:: MATERIALS PROVIDED
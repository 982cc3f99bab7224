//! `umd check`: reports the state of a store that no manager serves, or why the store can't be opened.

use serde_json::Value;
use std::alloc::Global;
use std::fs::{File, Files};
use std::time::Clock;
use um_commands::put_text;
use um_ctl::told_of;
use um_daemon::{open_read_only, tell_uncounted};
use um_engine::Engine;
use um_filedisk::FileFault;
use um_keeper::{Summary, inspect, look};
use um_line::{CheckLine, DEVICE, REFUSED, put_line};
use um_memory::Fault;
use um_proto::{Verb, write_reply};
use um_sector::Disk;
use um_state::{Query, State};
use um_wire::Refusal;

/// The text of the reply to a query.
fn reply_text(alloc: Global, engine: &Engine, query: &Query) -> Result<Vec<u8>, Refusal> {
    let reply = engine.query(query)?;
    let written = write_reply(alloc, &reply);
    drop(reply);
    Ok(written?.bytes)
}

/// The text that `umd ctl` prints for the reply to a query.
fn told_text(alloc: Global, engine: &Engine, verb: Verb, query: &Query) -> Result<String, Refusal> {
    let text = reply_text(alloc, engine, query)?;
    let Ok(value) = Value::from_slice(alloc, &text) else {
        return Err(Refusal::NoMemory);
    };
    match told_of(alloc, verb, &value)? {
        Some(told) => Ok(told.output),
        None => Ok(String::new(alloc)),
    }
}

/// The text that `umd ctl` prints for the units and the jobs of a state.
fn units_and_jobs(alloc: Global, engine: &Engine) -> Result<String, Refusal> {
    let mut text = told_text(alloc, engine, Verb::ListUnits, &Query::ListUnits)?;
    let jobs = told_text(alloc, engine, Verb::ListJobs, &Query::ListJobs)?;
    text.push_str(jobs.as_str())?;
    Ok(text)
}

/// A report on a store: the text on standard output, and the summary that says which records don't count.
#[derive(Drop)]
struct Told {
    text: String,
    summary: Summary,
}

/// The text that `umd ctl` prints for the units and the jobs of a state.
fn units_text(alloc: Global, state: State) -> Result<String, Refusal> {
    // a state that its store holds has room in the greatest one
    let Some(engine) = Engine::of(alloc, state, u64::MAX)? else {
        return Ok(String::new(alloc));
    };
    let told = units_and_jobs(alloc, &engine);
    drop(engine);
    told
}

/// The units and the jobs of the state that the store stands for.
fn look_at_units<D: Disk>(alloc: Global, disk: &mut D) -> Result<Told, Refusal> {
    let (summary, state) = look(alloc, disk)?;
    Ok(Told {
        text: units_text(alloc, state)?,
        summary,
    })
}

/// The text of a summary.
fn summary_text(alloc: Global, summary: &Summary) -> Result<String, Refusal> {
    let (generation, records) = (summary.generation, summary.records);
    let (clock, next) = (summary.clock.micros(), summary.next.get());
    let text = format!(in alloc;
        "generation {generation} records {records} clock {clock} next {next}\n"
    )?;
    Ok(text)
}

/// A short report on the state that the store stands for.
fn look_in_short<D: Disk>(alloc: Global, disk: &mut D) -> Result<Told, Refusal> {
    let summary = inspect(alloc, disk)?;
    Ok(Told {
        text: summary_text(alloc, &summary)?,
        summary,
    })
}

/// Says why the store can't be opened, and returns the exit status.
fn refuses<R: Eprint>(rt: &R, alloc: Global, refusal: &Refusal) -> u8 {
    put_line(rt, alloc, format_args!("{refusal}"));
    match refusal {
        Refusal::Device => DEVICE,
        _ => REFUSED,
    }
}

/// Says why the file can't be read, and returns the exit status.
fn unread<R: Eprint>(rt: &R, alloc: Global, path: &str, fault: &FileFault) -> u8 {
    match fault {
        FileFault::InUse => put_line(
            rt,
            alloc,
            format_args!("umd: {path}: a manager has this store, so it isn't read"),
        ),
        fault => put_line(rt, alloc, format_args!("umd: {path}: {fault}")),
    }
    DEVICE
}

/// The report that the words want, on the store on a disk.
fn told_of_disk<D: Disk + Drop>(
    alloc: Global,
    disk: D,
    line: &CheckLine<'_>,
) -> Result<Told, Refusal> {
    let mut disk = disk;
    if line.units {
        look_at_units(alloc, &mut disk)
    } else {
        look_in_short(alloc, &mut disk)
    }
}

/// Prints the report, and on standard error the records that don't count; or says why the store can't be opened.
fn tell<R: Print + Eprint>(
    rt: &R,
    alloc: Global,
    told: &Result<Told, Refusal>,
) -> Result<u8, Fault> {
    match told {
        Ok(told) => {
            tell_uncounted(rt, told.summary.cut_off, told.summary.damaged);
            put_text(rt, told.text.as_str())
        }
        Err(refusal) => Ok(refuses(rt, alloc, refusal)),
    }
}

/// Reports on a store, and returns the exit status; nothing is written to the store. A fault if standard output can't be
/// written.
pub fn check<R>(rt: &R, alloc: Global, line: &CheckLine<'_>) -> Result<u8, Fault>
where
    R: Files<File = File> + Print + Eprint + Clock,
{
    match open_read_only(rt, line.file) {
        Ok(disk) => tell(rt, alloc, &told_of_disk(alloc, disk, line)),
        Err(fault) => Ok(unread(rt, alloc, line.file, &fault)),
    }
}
::::
Word for word, write out all of the data above.

__FINISHED EXERCISE__:
repository 982cc3f99bab7224
//! `umd check`: reports the state of a store that no manager serves, or why the store can't be opened.

use serde_json::Value;
use std::alloc::Global;
use std::fs::{File, Files};
use std::time::Clock;
use um_commands::put_text;
use um_ctl::told_of;
use um_daemon::{open_read_only, tell_uncounted};
use um_engine::Engine;
use um_filedisk::FileFault;
use um_keeper::{Summary, inspect, look};
use um_line::{CheckLine, DEVICE, REFUSED, put_line};
use um_memory::Fault;
use um_proto::{Verb, write_reply};
use um_sector::Disk;
use um_state::{Query, State};
use um_wire::Refusal;

/// The text of the reply to a query.
fn reply_text(alloc: Global, engine: &Engine, query: &Query) -> Result<Vec<u8>, Refusal> {
    let reply = engine.query(query)?;
    let written = write_reply(alloc, &reply);
    drop(reply);
    Ok(written?.bytes)
}

/// The text that `umd ctl` prints for the reply to a query.
fn told_text(alloc: Global, engine: &Engine, verb: Verb, query: &Query) -> Result<String, Refusal> {
    let text = reply_text(alloc, engine, query)?;
    let Ok(value) = Value::from_slice(alloc, &text) else {
        return Err(Refusal::NoMemory);
    };
    match told_of(alloc, verb, &value)? {
        Some(told) => Ok(told.output),
        None => Ok(String::new(alloc)),
    }
}

/// The text that `umd ctl` prints for the units and the jobs of a state.
fn units_and_jobs(alloc: Global, engine: &Engine) -> Result<String, Refusal> {
    let mut text = told_text(alloc, engine, Verb::ListUnits, &Query::ListUnits)?;
    let jobs = told_text(alloc, engine, Verb::ListJobs, &Query::ListJobs)?;
    text.push_str(jobs.as_str())?;
    Ok(text)
}

/// A report on a store: the text on standard output, and the summary that says which records don't count.
#[derive(Drop)]
struct Told {
    text: String,
    summary: Summary,
}

/// The text that `umd ctl` prints for the units and the jobs of a state.
fn units_text(alloc: Global, state: State) -> Result<String, Refusal> {
    // a state that its store holds has room in the greatest one
    let Some(engine) = Engine::of(alloc, state, u64::MAX)? else {
        return Ok(String::new(alloc));
    };
    let told = units_and_jobs(alloc, &engine);
    drop(engine);
    told
}

/// The units and the jobs of the state that the store stands for.
fn look_at_units<D: Disk>(alloc: Global, disk: &mut D) -> Result<Told, Refusal> {
    let (summary, state) = look(alloc, disk)?;
    Ok(Told {
        text: units_text(alloc, state)?,
        summary,
    })
}

/// The text of a summary.
fn summary_text(alloc: Global, summary: &Summary) -> Result<String, Refusal> {
    let (generation, records) = (summary.generation, summary.records);
    let (clock, next) = (summary.clock.micros(), summary.next.get());
    let text = format!(in alloc;
        "generation {generation} records {records} clock {clock} next {next}\n"
    )?;
    Ok(text)
}

/// A short report on the state that the store stands for.
fn look_in_short<D: Disk>(alloc: Global, disk: &mut D) -> Result<Told, Refusal> {
    let summary = inspect(alloc, disk)?;
    Ok(Told {
        text: summary_text(alloc, &summary)?,
        summary,
    })
}

/// Says why the store can't be opened, and returns the exit status.
fn refuses<R: Eprint>(rt: &R, alloc: Global, refusal: &Refusal) -> u8 {
    put_line(rt, alloc, format_args!("{refusal}"));
    match refusal {
        Refusal::Device => DEVICE,
        _ => REFUSED,
    }
}

/// Says why the file can't be read, and returns the exit status.
fn unread<R: Eprint>(rt: &R, alloc: Global, path: &str, fault: &FileFault) -> u8 {
    match fault {
        FileFault::InUse => put_line(
            rt,
            alloc,
            format_args!("umd: {path}: a manager has this store, so it isn't read"),
        ),
        fault => put_line(rt, alloc, format_args!("umd: {path}: {fault}")),
    }
    DEVICE
}

/// The report that the words want, on the store on a disk.
fn told_of_disk<D: Disk + Drop>(
    alloc: Global,
    disk: D,
    line: &CheckLine<'_>,
) -> Result<Told, Refusal> {
    let mut disk = disk;
    if line.units {
        look_at_units(alloc, &mut disk)
    } else {
        look_in_short(alloc, &mut disk)
    }
}

/// Prints the report, and on standard error the records that don't count; or says why the store can't be opened.
fn tell<R: Print + Eprint>(
    rt: &R,
    alloc: Global,
    told: &Result<Told, Refusal>,
) -> Result<u8, Fault> {
    match told {
        Ok(told) => {
            tell_uncounted(rt, told.summary.cut_off, told.summary.damaged);
            put_text(rt, told.text.as_str())
        }
        Err(refusal) => Ok(refuses(rt, alloc, refusal)),
    }
}

/// Reports on a store, and returns the exit status; nothing is written to the store. A fault if standard output can't be
/// written.
pub fn check<R>(rt: &R, alloc: Global, line: &CheckLine<'_>) -> Result<u8, Fault>
where
    R: Files<File = File> + Print + Eprint + Clock,
{
    match open_read_only(rt, line.file) {
        Ok(disk) => tell(rt, alloc, &told_of_disk(alloc, disk, line)),
        Err(fault) => Ok(unread(rt, alloc, line.file, &fault)),
    }
}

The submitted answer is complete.